Output only the lines below that start at the line containing "use certificates::Cert;" and end at the line containing "use task::Task;", with both ends kept.

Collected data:
-.-.-

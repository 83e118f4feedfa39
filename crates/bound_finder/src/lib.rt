//! The bound of a method's execution time (JOP Reference Handbook, "Method Cache"): the numbers of all methods that may run while
//! it does, targets first, and a certificate that shows them.
#![tactic(auto)]

ghost use Rattle.std.specs.Prelude.{◌≡◌, ◌≢◌, ◌≤◌, ◌<◌, ℕ, length, All, IfOk, IfErr, Some, slice_get};
ghost use Rattle.bytecode_model.specs.Program.{Program};
ghost use Rattle.method_cache.specs.Regions.Region.{AreDistinct};
ghost use Rattle.method_flow.specs.Flow.{IsFlowOf};
ghost use Rattle.node_costs.specs.Costs.{bounds_of};
ghost use Rattle.certificates.specs.declared.lines.line.SectionKind.TheVariants.{Alone};
ghost use Rattle.certificates.specs.Certificate.{IsInGrammar};
ghost use Rattle.bound_rules.specs.Bounding.{KeepSize};
ghost use Rattle.bound_rules.specs.Conditions.{MeetsConditions};
ghost use Rattle.bound_rules.specs.Numbers.{IsPrinted};
ghost use Rattle.bound_finder.specs.declared.ending.MethodBound.{MethodBound};
ghost use Rattle.bound_finder.specs.Certified.{AreEmptyIfEndless};
ghost use Rattle.bound_finder.specs.Ending.{IsMethodBound};
ghost use Rattle.bound_finder.specs.Ready.{AreReady, IsReadyOrder, IsSizeCause};

mod charges;
pub mod costs;
pub mod ending;
pub mod fit;
mod found;
pub mod found_laws;
pub mod known;
pub mod laws;
pub mod methods;
pub mod prepared;
mod shape;
mod sharing;
pub mod show_laws;
pub mod task;
mod telling;

use base::NoMemory;
use bound_rules::BoundRefusal;
use bound_texts::loops::Bounds;
use call_regions::Order;
use certificates::Cert;
pub use ending::MethodBound;
use ending::certificate;
use method_flow::{FlowProgram, Timing};
use methods::examine_all;
use sharing::shared;
use std::alloc::Global;
use task::Task;

/// The certificate of the method `root`, where `order` has all methods that may run while it does, targets first, their graphs are
/// reducible, and each of their loops has a bound.
///
/// # Errors
///
/// `TooLarge` for the least method with a number, or iterations of its loops together, past 64 bits.
pub fn certify(
    alloc: Global,
    f: &FlowProgram,
    b: &Bounds,
    t: Timing,
    root: u32,
    order: &Order,
) -> Result<Cert, BoundRefusal>
    requires read { t.read ≤ 63 }
    requires write { t.write ≤ 63 }
    requires sizes { 0 < t.block_words }
    requires root { root < length f.now.methods }
    requires known { All (λ m. m < length f.now.methods) order.now.methods }
    requires distinct { AreDistinct order.now.methods }
    requires ready { (P : Program) → IsFlowOf P f.now → IsReadyOrder P (bounds_of f.now b.now) root order.now.methods }
    ensures grammar { IfOk result (λ c. IsInGrammar c × (c.version ≡ 2) × (c.root ≡ root)) }
    ensures meets { IfOk result (λ c. (P : Program) → IsFlowOf P f.now → MeetsConditions P t (bounds_of f.now b.now) c) }
    ensures kinds { IfOk result (λ c. All (λ s. s.kind ≢ Alone) c.sections) }
    ensures empty { IfOk result (λ c. (P : Program) → IsFlowOf P f.now → AreEmptyIfEndless P c.sections) }
    ensures printed { IfOk result (λ c. (P : Program) → IsFlowOf P f.now → IsPrinted P t (bounds_of f.now b.now) root c.bound) }
    ensures kept { IfOk result (λ _. (P : Program) → IsFlowOf P f.now → KeepSize P t (bounds_of f.now b.now) root) }
    ensures cause { IfErr result (λ e. (P : Program) → IsFlowOf P f.now → IsSizeCause P t (bounds_of f.now b.now) root e) }
{
    let task = Task::new(f, b, t);
    let found = examine_all(alloc, &task, order.methods.as_slice())?;
    certificate(&task, root, found)
}

/// What `certify` answers of each method of the order, the certificates apart. Each stands behind all that it may call, their graphs
/// are reducible, and each of their loops has a bound; no one of them need be the root of all.
pub fn bounds_of_all(
    alloc: Global,
    f: &FlowProgram,
    b: &Bounds,
    t: Timing,
    order: &Order,
) -> Result<Vec<MethodBound>, NoMemory>
    requires read { t.read ≤ 63 }
    requires write { t.write ≤ 63 }
    requires sizes { 0 < t.block_words }
    requires known { All (λ m. m < length f.now.methods) order.now.methods }
    requires distinct { AreDistinct order.now.methods }
    requires ready { (P : Program) → IsFlowOf P f.now → AreReady P (bounds_of f.now b.now) order.now.methods }
    ensures long { IfOk result (λ bounds. length bounds.items ≡ length order.now.methods) }
    ensures bounds { IfOk result (λ bounds. (P : Program) → IsFlowOf P f.now → (i m : ℕ) (x : MethodBound) → slice_get order.now.methods i ≡ Some m
        → slice_get bounds.items i ≡ Some x → IsMethodBound P t (bounds_of f.now b.now) m x) }
{
    let task = Task::new(f, b, t);
    match examine_all(alloc, &task, order.methods.as_slice()) {
        Ok(found) => shared(alloc, &task, order.methods.as_slice(), &found),
        Err(_) => Err(NoMemory),
    }
}
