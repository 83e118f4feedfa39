//! The law of what is known of one method. The function does nothing; a caller whose proof needs the law calls it.

ghost use Rattle.bound_finder.specs.FoundLaws.{KnownIs};

/// What is found of a method by its walks is known of it, for each program for which the method is prepared.
pub fn known_is()
    ensures { KnownIs }
{
    opcodes::laws::starts_follow_one_another();
    method_flow::laws::rows_are_of_their_kinds();
    method_flow::laws::calls_are_invokes();
    method_flow::laws::ending_is_a_walk();
    micro_flow::laws::costs_are_small();
    bound_rules::laws::charges_are_one();
    bound_rules::laws::values_are_told();
    bound_rules::laws::called_fit();
    bound_rules::laws::graphs_are_one();
    bound_rules::laws::headers_are_instructions();
    bound_rules::laws::charged_loops_are_one();
    path_solver::laws::lies_on_bounded_walk();
    compact_walks::laws::graphs_are_moved();
    compact_walks::laws::moved_reaches_exit();
    compact_walks::laws::moved_is_nest();
    compact_walks::laws::moved_is_greatest();
}
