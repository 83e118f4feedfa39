//! Laws of the sections that are found. The functions do nothing; a caller whose proof needs a law calls its function.

ghost use Rattle.bound_finder.specs.ShowLaws.{FoundInText, FoundShows};

/// The section that is found of a method shows its number.
pub fn found_shows()
    ensures { FoundShows }
{
    opcodes::laws::starts_follow_one_another();
    method_flow::laws::rows_are_of_their_kinds();
    method_flow::laws::calls_are_invokes();
    bound_rules::laws::called_fit();
    section_check::laws::renumbered_stays_accepted();
    compact_walks::laws::graphs_are_moved();
    compact_walks::laws::moved_reaches_exit();
}

/// It can be written.
pub fn found_in_text()
    ensures { FoundInText }
{
    section_check::laws::renumbered_stays_accepted();
}
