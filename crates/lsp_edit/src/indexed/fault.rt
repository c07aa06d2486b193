//! Why a batch of changes on an `IndexedText` is refused.

ghost use Rattle.std.specs.Prelude.{◌≡◌};
ghost use Rattle.lsp_edit.specs.declared.indexed.fault.BatchFault.TheVariants.{NoMemory};
ghost use Rattle.lsp_edit.specs.Indexed.{batch_fault_of};

use crate::fault::EditFault;
use std::alloc::AllocError;
use thiserror::Error;

/// Why a batch of changes is refused. The text is unchanged then.
#[derive(Clone, Copy, Debug, PartialEq, Eq, Error)]
pub enum BatchFault {
    /// A change has no result: an end of its range lies inside a character, or the range is
    /// reversed.
    #[error("{0}")]
    Edit(EditFault),
    /// The result of the batch would be longer than the caller allows.
    #[error("the text is too long")]
    TooLong,
    /// Out of memory.
    #[error("out of memory")]
    NoMemory,
}

impl From<EditFault> for BatchFault {
    ghost from_gives = { λ fault error. error ≡ batch_fault_of fault };

    fn from(fault: EditFault) -> BatchFault {
        match fault {
            EditFault::NoMemory => BatchFault::NoMemory,
            fault => BatchFault::Edit(fault),
        }
    }
}

impl From<AllocError> for BatchFault {
    ghost from_gives = { λ _ error. error ≡ NoMemory };

    fn from(_: AllocError) -> BatchFault {
        BatchFault::NoMemory
    }
}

-.-.-

→ RESULT OF THIS TASK:
use certificates::Cert;
pub use ending::MethodBound;
use ending::certificate;
use method_flow::{FlowProgram, Timing};
use methods::examine_all;
use sharing::shared;
use std::alloc::Global;
use task::Task;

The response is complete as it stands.